Die US-Regierung könnte zudem mithilfe eines Außenhandelsgesetzes namens »International Economic Protection Act« den Import klimaschädlicher Produkte, etwa bestimmter Chemikalien oder Holz aus dem Amazonas, verbieten. Sie könnte das Militär mobilisieren für den klimafreundlichen Neu- oder Umbau von im weitesten Sinn »sicherheitsrelevanten« Gebäuden und Flächen. Rohölexporte könnten untersagt und Ölbohrlizenzen ausgesetzt werden – mit entsprechenden Entschädigungszahlungen für Konzerne.

Die »Sunrise«-Klimabewegung hatte Biden zuletzt Mitte Juli zu einer solchen Präsidialverordnung aufgefordert und wissenschaftlich detailliert dargelegt, welche Schritte die Regierung zur Bekämpfung der Klimakrise gehen müsse. Ein gutes Dutzend Senatoren unterschrieben einen offenen Brief mit derselben Forderung. Im Februar vergangenen Jahres hatten progressive Demokraten, darunter Bernie Sanders und Alexandria Ocasio-Cortez, im US-Kongress einen Gesetzesentwurf namens »National Climate Emergency Act« eingebracht. Doch das Weiße Haus reagiert bisher nicht auf den Druck.

Die auf Umwelt- und Klimapolitik spezialisierte Journalistin Kate Aronoroff hielt der Biden-Regierung vor, statt die Notbremse zu betätigen, das Gaspedal nun noch weiter durchzudrücken. Die »Notbremsungen«, die die Regierung bisher hinlegte, hätten sich darauf konzentriert, den Benzinpreis niedrig zu halten »durch die Öffnung der strategischen Ölreserve, die Bewilligung von neuer Infrastruktur für fossile Energieträger, die Aufhebung des Verbots von Ethanolverbrauch im Sommer und schließlich den Schulterschluss mit dem saudischen Kronprinzen Mohammed bin Salman«.

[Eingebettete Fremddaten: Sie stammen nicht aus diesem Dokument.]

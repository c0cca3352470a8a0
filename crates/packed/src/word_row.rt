//! A row of round keys in words.

ghost use Rattle.std.specs.Prelude.{◌≡◌};
ghost use Rattle.vectors.specs.Vectors.{vector_bytes};
ghost use Rattle.vectors.proofs.Words.{bytes_vector};

use crate::word_bytes::word_at;
use keyed::key_row::KeyRow;
use schedule::row::Row;

/// A row of 32 bytes in four words, which a round key is the front of.
#[derive(Clone, Copy)]
pub struct WordRow {
    pub words: [u64; 4],
}

impl KeyRow for WordRow {
    ghost key_bytes = { λ row. vector_bytes row.words };

    ghost of_bytes = { λ row. bytes_vector row.words };

    fn of(row: &Row) -> WordRow {
        let bytes = &row.bytes;
        WordRow {
            words: [
                word_at(bytes, 0),
                word_at(bytes, 8),
                word_at(bytes, 16),
                word_at(bytes, 24),
            ],
        }
    }
}
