//! As many blocks as two vectors hold, as the packed engine works on them.

ghost use Rattle.std.specs.Prelude.{◌≡◌, ℕ};
ghost use Rattle.vectors.specs.Vectors.{block_at};
ghost use Rattle.packed.specs.Lawful.{lanes_shape};

use crate::arrangement::Arrangement;
use crate::word_bytes::{bytes_of, padded, words_of, write_front};
use crate::word_row::WordRow;
use keyed::bundle::Bundle;
use std::marker::PhantomData;
use std::simd::prelude::*;
use std::simd::u64x4;
use vectors::rounds::{inverse_round, round};
use vectors::steps::xor;

/// Blocks side by side: their left and their right halves, each as the words of a vector.
#[derive(Clone, Copy)]
pub struct Blocks<H> {
    left: [u64; 4],
    right: [u64; 4],
    half: PhantomData<H>,
}

impl<H> Blocks<H> {
    // The blocks with these halves.
    fn of(left: u64x4, right: u64x4) -> Blocks<H>
        ensures left { result.left ≡ left }
        ensures right { result.right ≡ right }
    {
        Blocks {
            left: left.to_array(),
            right: right.to_array(),
            half: PhantomData,
        }
    }

    // The left and the right halves.
    fn halves(&self) -> (u64x4, u64x4)
        ensures left { result.0 ≡ self.now.left }
        ensures right { result.1 ≡ self.now.right }
    {
        (u64x4::from_array(self.left), u64x4::from_array(self.right))
    }
}

impl<H: Arrangement> Bundle<WordRow> for Blocks<H> {
    ghost layout = { H.layout };

    ghost lane_count = { H.lane_count };

    ghost lane = { λ x i. block_at H.layout.half i x.left x.right };

    ghost published = { H.published };

    ghost shaped = { lanes_shape H.layout H.lane_count H.published H.filled };

    fn block_len() -> usize {
        H::block_len()
    }

    fn lanes() -> usize {
        64 / H::block_len()
    }

    fn key(row: &WordRow) -> Blocks<H> {
        let (left, right) = H::spread(row.words);
        Blocks::of(left, right)
    }

    fn xor(self, other: Blocks<H>) -> Blocks<H> {
        let (left, right) = self.halves();
        let (other_left, other_right) = other.halves();
        Blocks::of(xor(left, other_left), xor(right, other_right))
    }

    fn round(self, key: Blocks<H>) -> Blocks<H> {
        let (left, right) = self.halves();
        let (key_left, key_right) = key.halves();
        let (left, right) = round::<H>(left, right, key_left, key_right);
        Blocks::of(left, right)
    }

    fn unround(self, key: Blocks<H>) -> Blocks<H> {
        let (left, right) = self.halves();
        let (key_left, key_right) = key.halves();
        let (left, right) = inverse_round::<H>(left, right, key_left, key_right);
        Blocks::of(left, right)
    }

    fn load(run: &[u8]) -> Option<Blocks<H>> {
        if run.len() % H::block_len() != 0 || run.len() > 64 {
            return None;
        }
        let (left, right) = H::halves_of(words_of(&padded(run)));
        Some(Blocks::of(left, right))
    }

    fn store(self, run: &mut [u8]) {
        let len = run.len();
        if len % H::block_len() == 0 && len <= 64 {
            let (left, right) = self.halves();
            let bytes = bytes_of(&H::words_of(left, right));
            write_front(&bytes, run);
        }
    }
}
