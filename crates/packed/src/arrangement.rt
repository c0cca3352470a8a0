//! How the words of blocks lie in the two vectors of their halves.

ghost use Rattle.std.specs.Prelude.{◌≡◌, ℕ, ◌<◌, take};
ghost use Rattle.ublock.specs.Cipher.{block_length};
ghost use Rattle.ublock.specs.Parts.{part};
ghost use Rattle.vectors.specs.Vectors.{vector_bytes, block_at};

use halves::{Narrow, Wide};
use std::simd::prelude::*;
use std::simd::u64x4;
use vectors::lanes::Lanes;

/// Halves of blocks, as the words of a run and of a round key make them.
pub trait Arrangement: Lanes {
    /// The left and the right halves of the blocks that eight words are.
    fn halves_of(words: [u64; 8]) -> (u64x4, u64x4)
        ensures { (i : ℕ) → i < Self.lane_count → block_at Self.layout.half i result.0 result.1 ≡ part (block_length Self.layout) i (vector_bytes words) };

    /// The eight words of the blocks with these halves.
    fn words_of(left: u64x4, right: u64x4) -> [u64; 8]
        ensures { (i : ℕ) → i < Self.lane_count → part (block_length Self.layout) i (vector_bytes result) ≡ block_at Self.layout.half i left right };

    /// The halves of the block at the front of four words, in every lane.
    fn spread(words: [u64; 4]) -> (u64x4, u64x4)
        ensures { (i : ℕ) → i < Self.lane_count → block_at Self.layout.half i result.0 result.1 ≡ take (block_length Self.layout) (vector_bytes words) };
}

impl Arrangement for Narrow {
    fn halves_of(w: [u64; 8]) -> (u64x4, u64x4) {
        (
            u64x4::from_array([w[0], w[2], w[4], w[6]]),
            u64x4::from_array([w[1], w[3], w[5], w[7]]),
        )
    }

    fn words_of(left: u64x4, right: u64x4) -> [u64; 8] {
        let l = left.to_array();
        let r = right.to_array();
        [l[0], r[0], l[1], r[1], l[2], r[2], l[3], r[3]]
    }

    fn spread(w: [u64; 4]) -> (u64x4, u64x4) {
        (u64x4::splat(w[0]), u64x4::splat(w[1]))
    }
}

impl Arrangement for Wide {
    fn halves_of(w: [u64; 8]) -> (u64x4, u64x4) {
        (
            u64x4::from_array([w[0], w[1], w[4], w[5]]),
            u64x4::from_array([w[2], w[3], w[6], w[7]]),
        )
    }

    fn words_of(left: u64x4, right: u64x4) -> [u64; 8] {
        let l = left.to_array();
        let r = right.to_array();
        [l[0], l[1], r[0], r[1], l[2], l[3], r[2], r[3]]
    }

    fn spread(w: [u64; 4]) -> (u64x4, u64x4) {
        (
            u64x4::from_array([w[0], w[1], w[0], w[1]]),
            u64x4::from_array([w[2], w[3], w[2], w[3]]),
        )
    }
}
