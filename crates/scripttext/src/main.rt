// `scripttext MAKER WHAT`: a script as text for a maker's console, of the deployment file on standard input.

#![tactic(auto)]

use asked::{What, called_maker, called_what};
use console::Maker;
use console_writer::MOST_TEXT;
use console_writer::files::{plan_one_text, plan_two_text, script_text};
use deployment::Refusal;
use streams::{MOST_READ, answer_input, print_whole};

// The text of a plan for the file's policies, or of its own script.
fn text_of(file: &[u8], maker: Maker, what: What, place: &mut [u8]) -> Result<usize, Refusal> {
    match what {
        What::One => plan_one_text(file, maker, place),
        What::Two => plan_two_text(file, maker, place),
        What::Own => script_text(file, maker, place),
    }
}

fn main(rt: HostRuntime) {
    let (Some(maker), Some(what)) = (called_maker(&rt), called_what(&rt)) else {
        print_whole(
            &rt,
            b"usage: scripttext MAKER WHAT: A or B, then 1, 2 or own\n",
        );
        return;
    };
    let mut file = [0u8; MOST_READ];
    let mut place = [0u8; MOST_TEXT];
    answer_input(&rt, &mut file, &mut place, |file, place| {
        text_of(file, maker, what, place)
    });
}
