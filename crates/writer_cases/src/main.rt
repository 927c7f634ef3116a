// Runs the writer on rows of cases and prints its answer to each: the refusal, or how many bytes were written, a checksum of them and
// how they are read back; and whether every other byte is as it was. Each argument names a file with one row. A case: two bytes for the
// size of the place, one that fills it, three that say whether there is a default, a keep list and a script; then the six values, a row.

#![tactic(auto)]

ghost use Rattle.std.specs.Prelude.{◌≤◌, length};

use cases::{
    bytes_at, checksum, each_case, each_file, filled, given, next_place, print_bytes, print_kept,
    print_number, print_reading, print_refusal,
};
use deployment::Refusal;
use entries::lists::{Values, write};
use format::two;
use reader::Span;
use reader::file::{read, value};

const HEAD_BYTES: usize = 6;

// The answer, and what was left in the room, whose first bytes are the place.
fn print_answer<R: Print>(rt: &R, answer: Result<usize, Refusal>, room: &[u8], byte: u8) {
    match answer {
        Err(refusal) => {
            print_refusal(rt, refusal);
            print_kept(rt, room, byte);
            print_bytes(rt, b"\n");
        }
        Ok(n) => {
            let size = room.len();
            let written = value(room, Span { start: 0, size: n });
            print_number(rt, b"wrote ", n);
            print_number(rt, b" sum ", checksum(written, false) as usize);
            print_kept(rt, value(room, Span { start: n, size }), byte);
            print_bytes(rt, b" ");
            print_reading(rt, read(written));
        }
    }
}

// What the writer answers to a case when the first bytes of the room are the place.
fn tried(case: &[u8], room: &mut [u8]) -> Result<usize, Refusal>
    requires { (6 ≤ length case.now) × (65536 ≤ length room.old) }
{
    let size = two(case[0], case[1]) as usize;
    let initial = next_place(case, HEAD_BYTES);
    let target = next_place(case, initial);
    let default = next_place(case, target);
    let keep = next_place(case, default);
    let script = next_place(case, keep);
    let values = Values {
        rules: bytes_at(case, HEAD_BYTES),
        initial: bytes_at(case, initial),
        target: bytes_at(case, target),
        default: given(case[3] == 1, bytes_at(case, default)),
        keep: given(case[4] == 1, bytes_at(case, keep)),
        script: given(case[5] == 1, bytes_at(case, script)),
    };
    write(&values, &mut room[..size])
}

fn print_case<R: Print>(rt: &R, case: &[u8]) {
    if case.len() < HEAD_BYTES {
        return;
    }
    let byte = case[2];
    let mut room = filled(byte);
    let answer = tried(case, &mut room);
    print_answer(rt, answer, &room, byte);
}

fn main(rt: HostRuntime) {
    each_file(&rt, |row| each_case(row, |case| print_case(&rt, case)));
}
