// Lists of calls, made by a caller: what is promised are the demands at them.
ghost use Rattle.std.specs.Prelude.{[], ◌∷◌};
ghost use Rattle.machine.specs.Calls.{load, close};
ghost use Rattle.machine.specs.Marks.{on};
ghost use Rattle.callers.specs.Handed.{HandedBack, FirstCall, RoundsOn, DoesRounds, RoundsAfter, PrintedAfter, ExpressedAfter};
ghost use Rattle.callers.specs.Handed.{AddsLate, RefusedFirst, VerdictFirst, SavedAgain, SettlesFile, TriesVariant};

use crate::calls::{
    call_close, call_expression, call_fresh, call_load, call_mark, call_print, call_reopen,
    call_return, call_round, call_save, call_verdict,
};
use crate::{Added, Expressed, FileSettled, Refusals, Tried, TwoVerdicts};
use machine::{MOST_ROUNDS, Success};
use session::{Reply, Session};

// Load into a fresh session.
fn loaded(batch: &[u8]) -> Reply
    ensures { FirstCall (on (load batch.now)) [] [] result }
{
    let s = call_fresh();
    call_load(s, batch)
}

// Load and close.
fn closed(batch: &[u8]) -> Reply
    ensures { HandedBack (on (load batch.now) ∷ on close ∷ []) result.session }
{
    let r = loaded(batch);
    call_close(r.session)
}

// One round more, after any calls: it is done while the machine runs, and is never the 130th.
pub fn round_on(session: Session) -> Reply
    ensures { RoundsOn session result }
{
    call_round(session)
}

// Rounds until one is refused, 129 at most.
fn rounds_until(session: Session) -> Session
    ensures { DoesRounds session result }
{
    let mut s = session;
    for _done in 0..MOST_ROUNDS {
        let r = call_round(s);
        s = r.session;
        match r.answer {
            Ok(Success::Done) => {}
            Ok(Success::Wrote(_)) => return s,
            Ok(Success::Decided(_)) => return s,
            Err(_) => return s,
        }
    }
    s
}

// Load, close, rounds until one is refused.
fn settled(batch: &[u8]) -> Session
    ensures { RoundsAfter (on (load batch.now) ∷ on close ∷ []) result }
{
    let r = closed(batch);
    rounds_until(r.session)
}

// Load, close, rounds until one is refused, print.
pub fn print_settled(batch: &[u8], buffer: &mut [u8]) -> Reply
    ensures { PrintedAfter batch.now buffer.old buffer.new result }
{
    let s = settled(batch);
    call_print(s, buffer)
}

// As `print_settled`, and then the walk of the sheet as an expression.
pub fn express_settled(batch: &[u8], sheet: &mut [u8], buffer: &mut [u8]) -> Expressed
    ensures { ExpressedAfter batch.now sheet.old sheet.new
        buffer.old buffer.new result }
{
    let p = print_settled(batch, sheet);
    let printed = p.answer;
    let told = call_expression(p.session, buffer);
    Expressed { printed, told }
}

// A sheet of any session, rows added late, and the sheet again.
pub fn add_late(session: Session, batch: &[u8], first: &mut [u8], second: &mut [u8]) -> Added
    ensures { AddsLate session batch.now first.old first.new
        second.old second.new result }
{
    let p = call_print(session, first);
    let printed = p.answer;
    let o = call_reopen(p.session);
    let l = call_load(o.session, batch);
    let c = call_close(l.session);
    let s = rounds_until(c.session);
    let again = call_print(s, second);
    Added { printed, again }
}

// Print and round of a fresh session, and a load.
pub fn refused_first(batch: &[u8], buffer: &mut [u8]) -> Refusals
    ensures { RefusedFirst batch.now buffer.old buffer.new result }
{
    let s = call_fresh();
    let p = call_print(s, buffer);
    let printed = p.answer;
    let q = call_round(p.session);
    let rounded = q.answer;
    let loaded = call_load(q.session, batch);
    Refusals {
        printed,
        rounded,
        loaded,
    }
}

// Load, and the verdict while open; close, rounds until one is refused, and the verdict again.
pub fn verdict_first(batch: &[u8]) -> TwoVerdicts
    ensures { VerdictFirst batch.now result }
{
    let l = loaded(batch);
    let v = call_verdict(l.session);
    let first = v.answer;
    let c = call_close(v.session);
    let s = rounds_until(c.session);
    let again = call_verdict(s);
    TwoVerdicts { first, again }
}

// Load, save, and what was saved loaded into a fresh session.
pub fn save_again(batch: &[u8], buffer: &mut [u8]) -> Reply
    ensures { SavedAgain batch.now buffer.old buffer.new result }
{
    let r = loaded(batch);
    let kept = call_save(r.session, buffer);
    match kept.answer {
        Ok(Success::Wrote(n)) => loaded(&buffer[..n]),
        Ok(Success::Done) => kept,
        Ok(Success::Decided(_)) => kept,
        Err(_) => kept,
    }
}

// The rows of a file, loaded into a fresh session; close, and rounds until one is refused.
pub fn settle_file(file: &[u8], batch: &mut [u8]) -> FileSettled
    ensures { SettlesFile file.now batch.old batch.new result }
{
    let converted = hoa_files::convert(file, batch);
    let session = match converted {
        Ok(Success::Wrote(n)) => settled(&batch[..n]),
        Ok(Success::Done) => call_fresh(),
        Ok(Success::Decided(_)) => call_fresh(),
        Err(_) => call_fresh(),
    };
    FileSettled { converted, session }
}

// A mark, rows that are loaded and then disliked, and a return.
pub fn try_variant(session: Session, name: &[u8], batch: &[u8]) -> Tried
    ensures { TriesVariant session name.now batch.now result }
{
    let m = call_mark(session, name);
    let marked = m.answer;
    let l = call_load(m.session, batch);
    let back = call_return(l.session, name);
    Tried { marked, back }
}
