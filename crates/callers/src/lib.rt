// Calls made as a caller of a session makes them, so that the demands rest on what the methods promise: each call, and lists of calls.
#![tactic(auto)]

pub mod calls;
pub mod sequences;

use machine::Answer;
use session::{Reply, Session};

// What the prints of `sequences::add_late` answered, and the session then.
#[derive(Drop)]
pub struct Added {
    pub printed: Answer,
    pub again: Reply,
}

// What the print of `sequences::express_settled` answered, and what its expression came to.
#[derive(Drop)]
pub struct Expressed {
    pub printed: Answer,
    pub told: Reply,
}

// What the conversion of `sequences::settle_file` answered, and the session with the rows of the file, settled; a fresh one where it was refused.
#[derive(Drop)]
pub struct FileSettled {
    pub converted: Answer,
    pub session: Session,
}

// What the calls of `sequences::refused_first` answered.
#[derive(Drop)]
pub struct Refusals {
    pub printed: Answer,
    pub rounded: Answer,
    pub loaded: Reply,
}

// What the mark of `sequences::try_variant` answered, and what its return came to.
#[derive(Drop)]
pub struct Tried {
    pub marked: Answer,
    pub back: Reply,
}

// What the verdicts of `sequences::verdict_first` answered, and the session then.
#[derive(Drop)]
pub struct TwoVerdicts {
    pub first: Answer,
    pub again: Reply,
}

Das Weiße Haus befürchtet offenbar politische Rückschläge auf mehreren Ebenen. Ein Gegner von zu ambitionierter Klimapolitik ist etwa der mächtige Senator Joe Manchin aus dem US-Bundesstaat West Virginia. Der konservative Demokrat und Kohlebaron bezieht seine Macht aus dem Patt im Senat zwischen Demokraten und Republikanern. Jegliche Klimapolitik, die seinen Wahlkampfsponsoren in die Quere kommt und seine persönlichen Einkünfte aus dem Kohlegeschäft mindert, sabotiert Manchin. Erst vor Kurzem sagte er, er würde gegen ein neues Klima- und Steuerpaket stimmen. Im Dezember hatte er für das Aus des 1,75-Billionen-Dollar-Wirtschaftspakets gesorgt.

Biden ist aber auch seiner Demokraten-Partei und ihrer »Strategie der Mitte« mit Blick auf die Zwischenwahlen im November verpflichtet. Gute Wahlergebnisse erfolgen aus dieser Perspektive nur, wenn so wenig Staub wie möglich aufgewirbelt und um Stimmen »aus der Mitte«, das heißt von Republikanern, geworben wird. Eine jetzt unterzeichnete Klimadirektive würde Biden und den Demokraten als Einknicken vor den »Sozialisten« ausgelegt werden, so die Befürchtung, und die Wahlchancen mindern.

Eine rationale Klimapolitik auf Bundesebene, langfristig gedacht, ist in den rechtslastigen USA politisch schlichtweg ein No-Go.